A New Approach for Controlling Chaos in Lorenz System

Is there a need for chaos? In order to answer to this important question, first, we should answer to "what chaos is?" Does "chaos" mean anarchy and confusion, or it means "randomness"? In order to answer to the second question, one may briefly consider that "chaos" means "far from the equilibrium." It is true that in a random behavior, we have "far from the equilibrium" phenomenon, but in the chaotic behavior, however, the trajectory goes far from the equilibrium, but it moves in a bounded basin. Therefore, chaos differs from randomness. In order to answer to the first question, we distinguish two states from each other. Chaos could be dangerous in many states, e.g. for an aircraft in the sky.

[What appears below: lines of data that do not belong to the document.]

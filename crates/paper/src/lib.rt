// The types of the database and of its calls, and the limits. Each has its meaning in specs/, where document 01 is
// written down as definitions that compute; the code that meets them is in the crates above this one.
#![tactic(auto)]

ghost use Rattle.std.specs.Prelude.{◌≡◌};
ghost use Rattle.paper.specs.Numbers.{number_of, semantics_of, counters_of, numbers_of};
ghost use Rattle.paper.specs.Plain.{want_of};

// "Limits: 4,096 nodes; 16,384 cells; depth 64; multiplier 1 to 65,535; key at most 2,147,483,647."
// specs/Limits.antt names the same numbers for the definitions.
pub const NODE_LIMIT: usize = 4096;

pub const CELL_LIMIT: usize = 16384;

pub const DEPTH_LIMIT: usize = 64;

pub const MUL_LIMIT: usize = 65535;

pub const KEY_LIMIT: usize = 2147483647;

pub const VAR_LIMIT: usize = 2147483647;

pub const NODE_WORDS: usize = 8;

// The counters that go with the rows, by value, in and out: F, the first free variable, the last variable, and how many
// nodes, input literals, cells and clause words are in use.
#[derive(Clone, Copy)]
pub struct Counters {
    pub first: usize,
    pub next: usize,
    pub last: usize,
    pub nodes: usize,
    pub inputs: usize,
    pub cells: usize,
    pub words: usize,
}

// The counters as other languages have them: first, next, last, nodes, inputs, cells, words.
impl From<[usize; 7]> for Counters {
    ghost from_gives = { λ a c. c ≡ counters_of a };

    fn from(a: [usize; 7]) -> Counters {
        let [first, next, last, nodes, inputs, cells, words] = a;
        Counters {
            first,
            next,
            last,
            nodes,
            inputs,
            cells,
            words,
        }
    }
}

impl From<Counters> for [usize; 7] {
    ghost from_gives = { λ c a. a ≡ numbers_of c };

    fn from(c: Counters) -> [usize; 7] {
        [c.first, c.next, c.last, c.nodes, c.inputs, c.cells, c.words]
    }
}

// The eight words of a node. kind: 0 leaf, 1 unit, 2 general, 3 dummy.
#[derive(Clone, Copy)]
pub struct Node {
    pub kind: usize,
    pub left: usize,
    pub lmul: usize,
    pub right: usize,
    pub rmul: usize,
    pub first: usize,
    pub count: usize,
    pub depth: usize,
}

// What a node is, by its word `kind`. A word above 3 is no kind: the table check refuses such a node.
#[derive(Clone, Copy, PartialEq, Eq, Debug)]
pub enum Kind {
    Leaf,
    Unit,
    General,
    Dummy,
    Other,
}

impl Node {
    ghost use Rattle.std.specs.Prelude.{◌≡◌};
    ghost use Rattle.paper.specs.Kinds.{Names};
    ghost use Rattle.paper.specs.Rows.{is_leaf, is_general, is_dummy};

    #[inline]
    pub fn kind_of(self) -> Kind
        ensures { Names self.kind result }
    {
        match self.kind {
            0 => Kind::Leaf,
            1 => Kind::Unit,
            2 => Kind::General,
            3 => Kind::Dummy,
            _ => Kind::Other,
        }
    }

    #[inline]
    pub fn is_leaf(self) -> bool
        ensures { result ≡ is_leaf self }
    {
        self.kind == Kind::Leaf as usize
    }

    #[inline]
    pub fn is_general(self) -> bool
        ensures { result ≡ is_general self }
    {
        self.kind == Kind::General as usize
    }

    #[inline]
    pub fn is_dummy(self) -> bool
        ensures { result ≡ is_dummy self }
    {
        self.kind == Kind::Dummy as usize
    }
}

// The crate's `Semantics`: what an unweighted demand asks for.
#[derive(Clone, Copy)]
pub enum Semantics {
    If,
    OnlyIf,
    IfAndOnlyIf,
}

// 1 asks for If, 2 for OnlyIf, and any other number for both, so that a wrong number never asks for less.
impl From<u32> for Semantics {
    ghost from_gives = { λ n s. s ≡ semantics_of n };

    #[tactic(auto, unfolding(crate::specs::Numbers::semantics_of))]
    fn from(demand: u32) -> Semantics {
        match demand {
            1 => Semantics::If,
            2 => Semantics::OnlyIf,
            _ => Semantics::IfAndOnlyIf,
        }
    }
}

// What has been asked for at a cell, as the crate's `LitData` keeps it. In the row: 0, 1, 2, 3.
#[derive(Clone, Copy)]
pub enum Mark {
    Unmarked,
    MarkedIf,
    MarkedOnlyIf,
    MarkedBoth,
}

// The directions of a demand, taken apart: If, OnlyIf.
#[derive(Clone, Copy)]
pub struct Want {
    pub fi: bool,
    pub fo: bool,
}

impl Want {
    pub const IF: Want = Want {
        fi: true,
        fo: false,
    };

    pub const ONLY_IF: Want = Want {
        fi: false,
        fo: true,
    };

    pub const BOTH: Want = Want { fi: true, fo: true };
}

impl From<Semantics> for Want {
    #[tactic(auto, unfolding(crate::specs::Plain::want_of))]
    fn from(s: Semantics) -> Want
        ensures { result ≡ want_of s }
    {
        match s {
            Semantics::If => Want::IF,
            Semantics::OnlyIf => Want::ONLY_IF,
            Semantics::IfAndOnlyIf => Want::BOTH,
        }
    }
}

// Why a call is refused. specs/Numbers.antt has document 01's number for each.
#[derive(Clone, Copy)]
pub enum Refusal {
    NoSuchOutput,
    TableFails,
    WorkShort,
    NoSuchNode,
    GeneralNode,
    BadLiteral,
    BadMultiplier,
    NoValue,
    KeyTooLarge,
    TooDeep,
    NoRoom,
    VariablesOut,
    ClausesShort,
    BadAssignment,
    BadVariables,
}

// The paper's number of a refusal.
impl From<Refusal> for u32 {
    ghost from_gives = { λ why n. n ≡ number_of why };

    fn from(why: Refusal) -> u32 {
        match why {
            Refusal::NoSuchOutput => 1,
            Refusal::TableFails => 2,
            Refusal::WorkShort => 3,
            Refusal::NoSuchNode => 4,
            Refusal::GeneralNode => 5,
            Refusal::BadLiteral => 6,
            Refusal::BadMultiplier => 7,
            Refusal::NoValue => 8,
            Refusal::KeyTooLarge => 9,
            Refusal::TooDeep => 10,
            Refusal::NoRoom => 11,
            Refusal::VariablesOut => 12,
            Refusal::ClausesShort => 13,
            Refusal::BadAssignment => 14,
            Refusal::BadVariables => 15,
        }
    }
}

// What a done call gives back, with the counters after it: the id of the node that is asked for, ..
#[derive(Clone, Copy)]
pub struct Added {
    pub id: usize,
    pub counters: Counters,
}

// .. or the literal of the output that is demanded.
#[derive(Clone, Copy)]
pub struct Demanded {
    pub lit: i32,
    pub counters: Counters,
}

// The two connections of an inner node that is asked for.
#[derive(Clone, Copy)]
pub struct Pair {
    pub left: usize,
    pub lmul: usize,
    pub right: usize,
    pub rmul: usize,
}

// The lengths of the rows that an inner node goes to.
#[derive(Clone, Copy)]
pub struct Sizes {
    pub nodes: usize,
    pub keys: usize,
    pub lits: usize,
    pub marks: usize,
}

// The counters that a demand moves: the next free variable, and the words of the clause row that are taken.
#[derive(Clone, Copy)]
pub struct Run {
    pub next: usize,
    pub words: usize,
}

// "Each clause has at most three literals; while being built it is a small value of its own."
#[derive(Clone, Copy)]
pub struct Clause {
    pub lits: [i32; 3],
    pub len: usize,
}

// The outputs from `from` up to, and without, `to`.
#[derive(Clone, Copy)]
pub struct Span {
    pub from: usize,
    pub to: usize,
}

// What the walk over the two children goes through.
#[derive(Clone, Copy)]
pub struct Ranges {
    pub left: usize,
    pub right: usize,
    pub left_if: Span,
    pub right_if: Span,
    pub left_only: Span,
    pub right_only: Span,
}

// What is left to do at a cell: the directions that are missing, and the mark that the cell then has.
#[derive(Clone, Copy)]
pub struct Todo {
    pub want: Want,
    pub mark: u8,
}

// "the three-way outcome stays an enum holding the ranges": nothing is missing, one child is the dummy and the other is
// asked, or the children are walked.
#[derive(Clone, Copy)]
pub enum Precond {
    Return,
    Pass(usize, Todo),
    Continue(Ranges, Todo),
}

// A way to make up a value: an output of the left child and one of the right, counted from 1, and 0 for none.
#[derive(Clone, Copy)]
pub struct Way {
    pub x: usize,
    pub y: usize,
}

// What is to be done for an output of a weighted demand: nothing, an index of a unit, or a cell and its key.
#[derive(Clone, Copy)]
pub enum Job {
    Nothing,
    Count(usize),
    Sum(usize, usize),
}

// What a demand reads of the table: the rows of nodes, input literals and keys.
#[derive(Clone, Copy)]
pub struct Tree<'a> {
    pub nodes: &'a [u32],
    pub inputs: &'a [i32],
    pub keys: &'a [u32],
}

Therefore, we should control it and return the system from the chaotic mood. But, in some states it is useful. Suppose that we have a periode-2 behavior system. If we intend to change its period, what should we do? One of the best techniques in order to change a system behavior is reaching the system into the chaotic mood for a short time, and then, by controlling chaos which is based on the feedback law, we could return the system into the desired period. Further, the control of chaos is also a way to manipulate the natural systems that are already chaotic. In this paper, we can imagine each mentioned states for chaos. Our goal is the control of a very famous system in the chaotic mood, in order to stabilize it and change its behavior into the desired behavior. We will achieved to this goal using OGY method which is based on the discrete dynamical system concept, and find the stabilized state by a new approach which is based on the generalized Routh-Hurwitz criterion.